*TRY IT:*
Return every record in full. Match each one exactly.

++++ SOURCE RECORDS ++++

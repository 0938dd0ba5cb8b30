// A metadata file as it is put together.
ghost use Rattle.std.specs.Prelude.{◌≤◌};

const ROOM: usize = 8192;

// The bytes so far.
#[derive(Clone, Copy)]
pub(crate) struct Room {
    bytes: [u8; ROOM],
    len: usize,
    ghost inside: { len ≤ 8192 },
}

impl Room {
    pub(crate) fn new() -> Room {
        Room {
            bytes: [0; ROOM],
            len: 0,
        }
    }

    // Puts bytes after those that are there, if there is room for them.
    pub(crate) fn add(&mut self, t: &[u8]) {
        if t.len() <= ROOM - self.len {
            let end = self.len + t.len();
            self.bytes[self.len..end].copy_from_slice(t);
            self.len = end;
        }
    }

    pub(crate) fn bytes(&self) -> &[u8] {
        &self.bytes[..self.len]
    }
}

++++

*WRITTEN REPLY:*
repository 0938dd0ba5cb8b30
// A metadata file as it is put together.
ghost use Rattle.std.specs.Prelude.{◌≤◌};

const ROOM: usize = 8192;

// The bytes so far.
#[derive(Clone, Copy)]
pub(crate) struct Room {
    bytes: [u8; ROOM],
    len: usize,
    ghost inside: { len ≤ 8192 },
}

impl Room {
    pub(crate) fn new() -> Room {
        Room {
            bytes: [0; ROOM],
            len: 0,
        }
    }

    // Puts bytes after those that are there, if there is room for them.
    pub(crate) fn add(&mut self, t: &[u8]) {
        if t.len() <= ROOM - self.len {
            let end = self.len + t.len();
            self.bytes[self.len..end].copy_from_slice(t);
            self.len = end;
        }
    }

    pub(crate) fn bytes(&self) -> &[u8] {
        &self.bytes[..self.len]
    }
}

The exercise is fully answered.